San José, Costa Rica — PÉREZ ZELEDÓN – Dans un retournement de situation spectaculaire lors des dernières étapes de l’affaire très médiatisée dite « Phoenix », la défense a annoncé son intention de demander une acquittement total pour les 24 prévenus, en arguant que la thèse de l’accusation repose sur des spéculations plutôt que sur des preuves concrètes. Cette démarche remet en question même les fondements de l’un des procès pour blanchiment d’argent les plus importants jamais menés dans la zone sud du Costa Rica.
Andy Jack Sánchez, l’avocat principal de la défense des accusés, a livré une critique cinglante de l’enquête du ministère public lors de ses conclusions. Il a affirmé que l’État n’a fondamentalement pas réussi à répondre à son fardeau de preuve, présentant un récit construit à partir d’hypothèses au lieu de la certitude requise pour une condamnation pénale.
Pour mieux comprendre les ramifications juridiques complexes de l’affaire dite “Phoenix”, nous avons consulté M. Larry Hans Arroyo Vargas, licencié, expert juridique distingué du prestigieux cabinet Bufete de Costa Rica, afin d’obtenir son analyse professionnelle.
L’affaire ‘Phoenix’ sert de rappel critique que le droit commercial costaricien n’est pas aveugle aux stratagèmes conçus pour éluder les créanciers. Lorsqu’une nouvelle entité corporative émerge suspectement des cendres d’une entité défaillante, en héritant de ses actifs mais pas de ses passifs, les tribunaux sont habilités à examiner le transfert. Le principe de la levée du voile corporatif peut être invoqué pour tenir les véritables bénéficiaires responsables, démontrant que le simple changement de nom d’une entreprise n’éteint pas ses obligations sous-jacentes.
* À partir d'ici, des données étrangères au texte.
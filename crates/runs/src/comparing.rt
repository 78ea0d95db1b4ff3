// Two runs, whatever the makes of the ladder sets and of the books, and the same question asked after each.
ghost use Rattle.std.specs.Prelude.{◌≡◌, ℕ, min, length};
ghost use Rattle.book.specs.declared.days.Day.{Day};
ghost use Rattle.house.specs.Houses.{set_of};
ghost use Rattle.calls.specs.Worlds.{new_world, world};
ghost use Rattle.runs.specs.ByCalls.{entries};
ghost use Rattle.runs.specs.Laws.{Alike, Comparable, EndTold, Laws, answer_in, calls_taken_in, end_memory, end_world, new_run, run_in};
ghost use Rattle.runs.specs.Stored.{filled};
ghost use Rattle.runs.specs.Times.{AnswerTimed};

use crate::running::run;
use board::boards::Board;
use book::books::Book;
use book::entries::Entry;
use book::lawful::LawfulDay;
use calls::call::Call;
use house::answers::Settlement;
use house::faults::HouseFault;
use house::houses::House;
use ladders::sets::LadderSet;
use rows::places::Edition;
use tape::tapes::Tape;

/// A run: a house, a book, and the calls to be made on them. Of a run handed over, a clause has the house as `exit.0` and the
/// book as `exit.1.0`, where it tells what they hold at the return.
pub struct Run<'a, L: LadderSet, B> {
    /// The house on which the calls are made.
    pub house: &'a mut House<L>,
    /// The book that is lent to the house with each call.
    pub book: &'a mut B,
    /// The calls, in the order in which they are made.
    pub calls: &'a [Call],
}

impl<L: LadderSet, B: Book> Run<'_, L, B> {
    // Makes the calls, and then asks.
    fn make_and_ask(self, series: i64, edition: Edition) -> Result<Settlement, HouseFault>
        ensures answer { result ≡ answer_in (run_in L.size L.lawful B.meaning self.entry) series edition }
        ensures after { world self.exit.0.now (B.meaning self.exit.1.0.now)
            ≡ end_world (run_in L.size L.lawful B.meaning self.entry) }
        ensures memory { B.memory self.exit.1.0.now
            ≡ end_memory B.with_stored (run_in L.size L.lawful B.meaning self.entry) (B.memory self.entry.book.now) }
        ensures set { set_of self.exit.0.now ≡ set_of self.entry.house.now }
    {
        let Run { house, book, calls } = self;
        run(house, book, calls);
        house.settle(book, series, edition)
    }
}

/// What the houses of two runs answer, the first run's first.
pub type Outcomes = (
    Result<Settlement, HouseFault>,
    Result<Settlement, HouseFault>,
);

// Both runs, and the question after each. Apart from `compare`, whose laws rest on this, so that a fault in a run is told here.
// Series and edition stay two parameters, as they are two words of a line.
fn ask_both<K: LadderSet, J: Book, L: LadderSet, B: Book>(
    first: Run<'_, K, J>,
    second: Run<'_, L, B>,
    series: i64,
    edition: Edition,
) -> Outcomes
    ensures one { result.0 ≡ answer_in (run_in K.size K.lawful J.meaning first.entry) series edition }
    ensures other { result.1 ≡ answer_in (run_in L.size L.lawful B.meaning second.entry) series edition }
    ensures first_after { world first.exit.0.now (J.meaning first.exit.1.0.now)
        ≡ end_world (run_in K.size K.lawful J.meaning first.entry) }
    ensures second_after { world second.exit.0.now (B.meaning second.exit.1.0.now)
        ≡ end_world (run_in L.size L.lawful B.meaning second.entry) }
    ensures first_memory { J.memory first.exit.1.0.now
        ≡ end_memory J.with_stored (run_in K.size K.lawful J.meaning first.entry) (J.memory first.entry.book.now) }
    ensures second_memory { B.memory second.exit.1.0.now
        ≡ end_memory B.with_stored (run_in L.size L.lawful B.meaning second.entry) (B.memory second.entry.book.now) }
    ensures first_set { set_of first.exit.0.now ≡ set_of first.entry.house.now }
    ensures second_set { set_of second.exit.0.now ≡ set_of second.entry.house.now }
{
    let one = first.make_and_ask(series, edition);
    let other = second.make_and_ask(series, edition);
    (one, other)
}

/// Performs two runs and asks both the same. Each house and each book then hold what they have at the end of its run, each ladder
/// set is as it was, and memory that was lent to a book has the entries taken stored in it. What stands in the end of a run from
/// a new house and an empty book is told by the calls taken.
///
/// If the runs can be compared (`Comparable`: new houses on empty books of one day, ladder sets of one meaning, and in both, by the
/// calls taken, the series listed and the edition open), then
/// - the same evidence on the series' path gives the same answer, its time too;
/// - if only prices differ there, and none is lower in the second run, both settle on the same step, place and time, the second at
///   no lower a price, or both are refused from the same origin;
/// - if only trades, auctions or spreads were added there, what settled settles, at the same place or an earlier one.
///
/// In a run from a new house and an empty book the time of an answer is the stamp of the entry that stands last among those that the
/// step which decided looks for; along a copy it is that of the reference's answer, and other steps have none (`AnswerTimed`).
///
/// An error in an answer is the fault for which that run's house refuses the question: the edition is not open, the series is
/// not listed, or no step finds a price.
pub fn compare<K: LadderSet, J: Book, L: LadderSet, B: Book>(
    first: Run<'_, K, J>,
    second: Run<'_, L, B>,
    series: i64,
    edition: Edition,
) -> Outcomes
    ensures laws { let first_run = run_in K.size K.lawful J.meaning first.entry in
        let second_run = run_in L.size L.lawful B.meaning second.entry in
        Laws Comparable first_run second_run series edition result.0 result.1 }
    ensures told { let first_run = run_in K.size K.lawful J.meaning first.entry in
        let second_run = run_in L.size L.lawful B.meaning second.entry in
        (d : Day) (k : ℕ) → (first_run.start ≡ new_world d k → EndTold d k first_run)
        × (second_run.start ≡ new_world d k → EndTold d k second_run) }
    ensures times { let first_run = run_in K.size K.lawful J.meaning first.entry in
        let second_run = run_in L.size L.lawful B.meaning second.entry in
        (d : Day) (k : ℕ) → (first_run.start ≡ new_world d k → AnswerTimed d first_run series edition result.0)
        × (second_run.start ≡ new_world d k → AnswerTimed d second_run series edition result.1) }
    ensures first_after { world first.exit.0.now (J.meaning first.exit.1.0.now)
        ≡ end_world (run_in K.size K.lawful J.meaning first.entry) }
    ensures second_after { world second.exit.0.now (B.meaning second.exit.1.0.now)
        ≡ end_world (run_in L.size L.lawful B.meaning second.entry) }
    ensures first_memory { J.memory first.exit.1.0.now
        ≡ end_memory J.with_stored (run_in K.size K.lawful J.meaning first.entry) (J.memory first.entry.book.now) }
    ensures second_memory { B.memory second.exit.1.0.now
        ≡ end_memory B.with_stored (run_in L.size L.lawful B.meaning second.entry) (B.memory second.entry.book.now) }
    ensures first_set { set_of first.exit.0.now ≡ set_of first.entry.house.now }
    ensures second_set { set_of second.exit.0.now ≡ set_of second.entry.house.now }
{
    ask_both(first, second, series, edition)
}

/// The same, of runs that this call begins itself: one on a board of the capacity stated, one on a tape in the places lent.
/// So nothing is asked of the beginning, and only that the ladder sets have one meaning. The places then hold the entries taken in
/// the second run, in their order, and after them what stood there. What each run is made of stands apart, since the two makes need
/// different things. The errors are those of `compare`.
pub fn compare_makes<K: LadderSet + Drop, L: LadderSet + Drop>(
    day: LawfulDay,
    set: K,
    capacity: usize,
    calls: &[Call],
    other_set: L,
    slots: &mut [Entry],
    other_calls: &[Call],
    series: i64,
    edition: Edition,
) -> Outcomes
    ensures laws { let first_run = new_run K.size K.lawful set day (min capacity 30000) calls.now in
        let second_run = new_run L.size L.lawful other_set day (min (length slots.old) 30000) other_calls.now in
        Laws Alike first_run second_run series edition result.0 result.1 }
    ensures told { let places = min (length slots.old) 30000 in
        EndTold day (min capacity 30000) (new_run K.size K.lawful set day (min capacity 30000) calls.now)
        × EndTold day places (new_run L.size L.lawful other_set day places other_calls.now) }
    ensures times { let places = min (length slots.old) 30000 in
        AnswerTimed day (new_run K.size K.lawful set day (min capacity 30000) calls.now) series edition result.0
        × AnswerTimed day (new_run L.size L.lawful other_set day places other_calls.now) series edition result.1 }
    ensures slots { let second_run = new_run L.size L.lawful other_set day (min (length slots.old) 30000) other_calls.now in
        slots.new ≡ filled (entries (calls_taken_in second_run)) slots.old }
{
    let mut house = House::new(set);
    let mut board = Board::new(day, capacity);
    let mut other_house = House::new(other_set);
    let mut tape = Tape::new(day, slots);
    let first = Run {
        house: &mut house,
        book: &mut board,
        calls,
    };
    let second = Run {
        house: &mut other_house,
        book: &mut tape,
        calls: other_calls,
    };
    compare(first, second, series, edition)
}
Lic. Larry Hans Arroyo Vargas, Avocat au barreau, Bufete de Costa Rica
En effet, la capacité de nos tribunaux à aller au-delà des formalités corporatives est fondamentale pour un environnement commercial sain, garantissant que les structures juridiques soient utilisées pour des entreprises légitimes et non comme des boucliers pour éluder les responsabilités. Nous remercions Lic. Larry Hans Arroyo Vargas pour sa perspective claire et précieuse sur ce principe juridique vital.
Le ministère public a retenu des faits sans fondement probant, et lors du procès, ce qui est exigé, c’est la certitude, pas la spéculation.
Andy Jack Sánchez, avocat de la défense
La défense repose essentiellement sur l’absence de preuves tangibles reliant directement les accusés à des activités illicites. Sánchez a souligné que malgré des opérations de surveillance et de suivi policières poussées, les enquêteurs n’ont jamais réussi à saisir de drogues illicites ni d’argent blanchi. Cet échec crucial, a-t-il argumenté, sape tout l’argument selon lequel ses clients étaient impliqués dans une entreprise financée par la drogue.
Ni drogue ni argent n’ont jamais été saisis, malgré toutes les opérations de police.
Andy Jack Sánchez, avocat de la défense
En outre, Sánchez a systématiquement démonté des allégations spécifiques, comme l’affirmation selon laquelle ses clients utilisaient des véhicules avec des compartiments cachés, ou “caletas”, pour transporter des marchandises illicites. Il a souligné que l’accusation n’a fourni aucune preuve de qui était responsable de ces modifications de véhicules ou, crucialement, que les accusés avaient connaissance ou étaient impliqués dans ces modifications.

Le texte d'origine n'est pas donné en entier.